* ACTION ITEM
Which lines of the data below hold "Limits"? Copy each of them.

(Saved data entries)
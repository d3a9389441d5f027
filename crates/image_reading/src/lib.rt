// A book read back from its words, where they are the image of one.
#![tactic(auto)]

ghost use Rattle.std.specs.Prelude.{◌≡◌, true, ◌<◌, ◌≤◌, min, length, slice_index, bit_or};
ghost use Rattle.std.specs.List.{fold, range_with_len};
ghost use Rattle.lists.specs.Lists.{all};
ghost use Rattle.book.specs.Opening.{trades_max, holidays_max};
ghost use Rattle.image.specs.Words.{holiday_count};
ghost use Rattle.image.specs.Images.{
  trade_words,
  rest_words,
  book_words,
  row_at,
  row_in,
  count_in,
  rows_of,
  rest_of,
  holiday_in,
  holidays_in,
  is_byte,
  is_number,
  trade_fits,
  received_fits,
  lent_fits,
  line_fits,
  is_lent,
  is_image,
  trade_in,
  received_in,
  line_in,
  values_from,
  trades_in,
  book_in,
};
ghost use Rattle.image_reading.specs.Reading.{read_book, read_lent};

use book::{Book, Connection, Lent, Limits, Trade, Values};
use sequence::{Inbound, Line, Outbound};

// One more than the highest byte, and than the highest number of 32 bits.
const BYTE_END: u64 = 256;

const NUMBER_END: u64 = 4294967296;

// The words of the i-th trade.
#[tactic(auto, unfolding(lists::specs::Lists::part))]
fn row_at(words: &[u64], i: usize) -> &[u64]
    requires { (length words.now ≡ book_words) × (i < trades_max) }
    ensures row { result.now ≡ row_at words.now i }
    ensures long { length result.now ≡ trade_words }
{
    let at = i * image::TRADE_WORDS;
    &words[at..at + image::TRADE_WORDS]
}

// The words after the trades.
#[tactic(auto, unfolding(image::specs::Images::rest_of, lists::specs::Lists::part))]
fn rest_of(words: &[u64]) -> &[u64]
    requires { length words.now ≡ book_words }
    ensures rest { result.now ≡ rest_of words.now }
    ensures long { length result.now ≡ rest_words }
{
    &words[image::REST..image::BOOK_WORDS]
}

// Words joined bit by bit: the join is below a power of two exactly where each of them is. So many words ask for one test.
fn joined(words: &[u64]) -> u64
    ensures { result ≡ fold bit_or 0 words.now }
{
    words.iter().fold(0, |bits, word| bits | word)
}

// Whether words are all bytes.
#[tactic(auto, using(crate::proofs::Bits::bytes_joined))]
fn all_bytes(words: &[u64]) -> bool
    ensures { result ≡ all is_byte words.now }
{
    joined(words) < BYTE_END
}

// Words that are bytes, as bytes.
#[tactic(auto, using(crate::proofs::Each::each_below, std::proofs::lemmas::Grind::same_number_lists))]
fn bytes_of<const N: usize>(words: &[u64]) -> [u8; N]
    requires { (length words.now ≡ N) × (all is_byte words.now ≡ true) }
    ensures { result ≡ words.now }
{
    let mut bytes = [0; N];
    for (i, byte) in bytes.iter_mut().enumerate() {
        *byte = words[i] as u8;
    }
    bytes
}

// Whether a trade's words are those of a trade.
#[tactic(auto, unfolding(image::specs::Images::trade_fits, lists::specs::Lists::part))]
fn trade_fits(row: &[u64]) -> bool
    requires { length row.now ≡ trade_words }
    ensures { result ≡ trade_fits row.now }
{
    all_bytes(&row[image::ID..image::LENGTH]) && all_bytes(&row[image::SELLER..image::SETTLEMENT])
}

// The trade of a trade's words.
#[tactic(auto, using(image::proofs::Told::id_bytes, crate::proofs::Fits::seller_bytes, crate::proofs::Fits::buyer_bytes, crate::proofs::Fits::contra_bytes, crate::proofs::Fits::cusip_bytes), unfolding(image::specs::Images::trade_in, lists::specs::Lists::part))]
fn read_trade(row: &[u64]) -> Trade
    requires { (length row.now ≡ trade_words) × (trade_fits row.now ≡ true) }
    ensures { result ≡ trade_in row.now }
{
    let id = bytes_of(&row[image::ID..image::LENGTH]);
    let seller = bytes_of(&row[image::SELLER..image::BUYER]);
    let buyer = bytes_of(&row[image::BUYER..image::CONTRA]);
    let contra = bytes_of(&row[image::CONTRA..image::CUSIP]);
    let cusip = bytes_of(&row[image::CUSIP..image::SETTLEMENT]);
    Trade {
        id,
        length: row[image::LENGTH] as usize,
        seller,
        buyer,
        contra,
        cusip,
        settlement: row[image::SETTLEMENT],
        price: row[image::PRICE],
        par: row[image::PAR],
        open_par: row[image::OPEN_PAR],
    }
}

// How many count, of so many that a book has room for.
fn counted(count: u64, most: usize) -> usize
    ensures { result ≡ min count most }
{
    count.min(most as u64) as usize
}

// Whether the words of the first n trades are those of trades.
fn rows_fit(words: &[u64], n: usize) -> bool
    requires { (length words.now ≡ book_words) × (n ≤ trades_max) }
    ensures { result ≡ all (λ i. trade_fits (row_at words.now i)) (range_with_len 0 n) }
{
    (0..n).all(|i| trade_fits(row_at(words, i)))
}

// Whether the words of the trades that count are those of trades.
#[tactic(auto, using(crate::proofs::Tables::rows_counted))]
fn trades_fit(words: &[u64]) -> bool
    requires { length words.now ≡ book_words }
    ensures { result ≡ all trade_fits (rows_of words.now) }
{
    let count = rest_of(words)[image::TRADE_COUNT];
    rows_fit(words, counted(count, book::TRADES_MAX))
}

// The i-th trade: one of zeros past those that count.
#[tactic(auto, using(image::proofs::Told::lent_length, crate::proofs::Tables::row_fits, crate::proofs::Tables::row_counts, crate::proofs::Tables::row_blank))]
fn trade_at(words: &[u64], i: usize) -> Trade
    requires { (is_lent words.now ≡ true) × (i < trades_max) }
    ensures { result ≡ trade_in (row_in words.now (count_in words.now) i) }
{
    let count = rest_of(words)[image::TRADE_COUNT];
    if i as u64 >= count {
        return image::no_trade();
    }
    read_trade(row_at(words, i))
}

// The trades of a book's words.
#[tactic(auto, using(crate::proofs::Tables::trades_made))]
fn read_trades(words: &[u64]) -> [Trade; book::TRADES_MAX]
    requires { is_lent words.now ≡ true }
    ensures { result ≡ trades_in words.now }
{
    let mut trades = [image::no_trade(); book::TRADES_MAX];
    for (i, t) in trades.iter_mut().enumerate() {
        *t = trade_at(words, i);
    }
    trades
}

// Whether flag and number tell what was received.
fn received_fits(flag: u64, number: u64) -> bool
    ensures { result ≡ received_fits flag number }
{
    (flag == 0 && number == 0) || (flag == 1 && number < NUMBER_END)
}

// What was received, as flag and number tell it.
fn read_received(flag: u64, number: u64) -> Option<Inbound>
    requires { received_fits flag number ≡ true }
    ensures { result ≡ received_in flag number }
{
    if flag == 0 {
        return None;
    }
    Some(Inbound(number as u32))
}

// Whether the holidays that count are numbers of 32 bits.
fn holidays_fit(rest: &[u64]) -> bool
    requires { length rest.now ≡ rest_words }
    ensures { result ≡ all is_number (holidays_in rest.now) }
{
    let days = counted(rest[image::HOLIDAY_COUNT], book::HOLIDAYS_MAX);
    joined(&rest[image::HOLIDAYS..image::HOLIDAYS + days]) < NUMBER_END
}

// The i-th holiday: 0 past those that count.
#[tactic(auto, using(crate::proofs::Tables::holiday_number, crate::proofs::Tables::holiday_counts, crate::proofs::Tables::holiday_none))]
fn holiday_at(rest: &[u64], i: usize) -> u32
    requires { (length rest.now ≡ rest_words) × (all is_number (holidays_in rest.now) ≡ true) × (i < holidays_max) }
    ensures { result ≡ holiday_in rest.now (slice_index rest.now holiday_count) i }
{
    if i as u64 >= rest[image::HOLIDAY_COUNT] {
        return 0;
    }
    rest[image::HOLIDAYS + i] as u32
}

// The holidays of the words after the trades.
#[tactic(auto, using(crate::proofs::Tables::holidays_made))]
fn read_holidays(rest: &[u64]) -> [u32; book::HOLIDAYS_MAX]
    requires { (length rest.now ≡ rest_words) × (all is_number (holidays_in rest.now) ≡ true) }
    ensures { result ≡ holidays_in rest.now }
{
    let mut holidays = [0; book::HOLIDAYS_MAX];
    for (i, day) in holidays.iter_mut().enumerate() {
        *day = holiday_at(rest, i);
    }
    holidays
}

// Whether the words after the trades are such as opening takes.
#[tactic(auto, unfolding(image::specs::Images::lent_fits, lists::specs::Lists::part))]
fn lent_fits(rest: &[u64]) -> bool
    requires { length rest.now ≡ rest_words }
    ensures { result ≡ lent_fits rest.now }
{
    holidays_fit(rest)
        && all_bytes(&rest[image::SUBSCRIBER..image::CEILING])
        && rest[image::OUTBOUND] < NUMBER_END
}

// Whether the words after the trades have a line.
#[tactic(auto, unfolding(image::specs::Images::line_fits))]
fn line_fits(rest: &[u64]) -> bool
    requires { length rest.now ≡ rest_words }
    ensures { result ≡ line_fits rest.now }
{
    received_fits(rest[image::RECEIVED], rest[image::NUMBER]) && rest[image::EXPECTED] < NUMBER_END
}

// The line of the words after the trades.
#[tactic(auto, using(image::proofs::Told::rest_received, crate::proofs::Fits::expected_fits))]
fn read_line(rest: &[u64]) -> Line
    requires { (length rest.now ≡ rest_words) × (line_fits rest.now ≡ true) }
    ensures { result ≡ line_in rest.now }
{
    let received = read_received(rest[image::RECEIVED], rest[image::NUMBER]);
    Line {
        received,
        expected: Inbound(rest[image::EXPECTED] as u32),
    }
}

// The values of some trades, of a line and of the words after the trades.
#[tactic(auto, using(image::proofs::Told::rest_dates, crate::proofs::Fits::subscriber_bytes, crate::proofs::Fits::connection_bytes, crate::proofs::Fits::outbound_fits), unfolding(image::specs::Images::values_from, lists::specs::Lists::part))]
fn read_rest(trades: [Trade; book::TRADES_MAX], rest: &[u64], line: Line) -> Values
    requires { (length rest.now ≡ rest_words) × (lent_fits rest.now ≡ true) }
    ensures { result ≡ values_from trades rest.now line }
{
    let holidays = read_holidays(rest);
    let subscriber = bytes_of(&rest[image::SUBSCRIBER..image::CONNECTION]);
    let id = bytes_of(&rest[image::CONNECTION..image::CEILING]);
    Values {
        trades,
        lent: Lent {
            trade_count: rest[image::TRADE_COUNT] as usize,
            holidays,
            holiday_count: rest[image::HOLIDAY_COUNT] as usize,
            subscriber,
            limits: Limits {
                ceiling: rest[image::CEILING],
                variance: rest[image::VARIANCE],
                pools_a_million: rest[image::POOLS_A_MILLION],
                least: rest[image::LEAST],
            },
        },
        last_message_id: rest[image::LAST_MESSAGE_ID],
        connection: Connection {
            id,
            line,
            outbound: Outbound(rest[image::OUTBOUND] as u32),
        },
    }
}

// Whether words say what opening lends.
#[tactic(auto, unfolding(image::specs::Images::is_lent))]
fn is_lent(words: &[u64]) -> bool
    ensures { result ≡ is_lent words.now }
{
    words.len() == image::BOOK_WORDS && trades_fit(words) && lent_fits(rest_of(words))
}

// Whether words are the image of a book.
#[tactic(auto, using(image::proofs::Told::lent_length), unfolding(image::specs::Images::is_image))]
fn is_image(words: &[u64]) -> bool
    ensures { result ≡ is_image words.now }
{
    is_lent(words) && line_fits(rest_of(words))
}

// The values that words say, with a line.
#[tactic(auto, using(image::proofs::Told::lent_length, image::proofs::Told::lent_rest))]
fn values_in(words: &[u64], line: Line) -> Values
    requires { is_lent words.now ≡ true }
    ensures { result ≡ values_from (trades_in words.now) (rest_of words.now) line }
{
    let trades = read_trades(words);
    read_rest(trades, rest_of(words), line)
}

// The book of an image.
#[tactic(auto, using(image::proofs::Told::lent_length, image::proofs::Told::image_lent, image::proofs::Told::image_line), unfolding(image::specs::Images::book_in))]
fn book_in(words: &[u64]) -> Book
    requires { is_image words.now ≡ true }
    ensures { result ≡ book_in words.now }
{
    let rest = rest_of(words);
    let line = read_line(rest);
    Book {
        values: values_in(words, line),
        live: rest[image::LIVE] as usize,
    }
}

// The book that words say, where they are the image of one.
#[tactic(auto, unfolding(crate::specs::Reading::read_book))]
pub fn read_book(words: &[u64]) -> Option<Book>
    ensures { result ≡ read_book words.now }
{
    if is_image(words) {
        Some(book_in(words))
    } else {
        None
    }
}

// The values that words lend to opening, whatever line and live pools they say, where they lend some.
#[tactic(auto, unfolding(crate::specs::Reading::read_lent, image::specs::Images::values_in))]
pub fn read_lent(words: &[u64]) -> Option<Values>
    ensures { result ≡ read_lent words.now }
{
    if is_lent(words) {
        Some(values_in(words, Line::start()))
    } else {
        None
    }
}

* RESPONSE AREA
use book::{Book, Connection, Lent, Limits, Trade, Values};
            limits: Limits {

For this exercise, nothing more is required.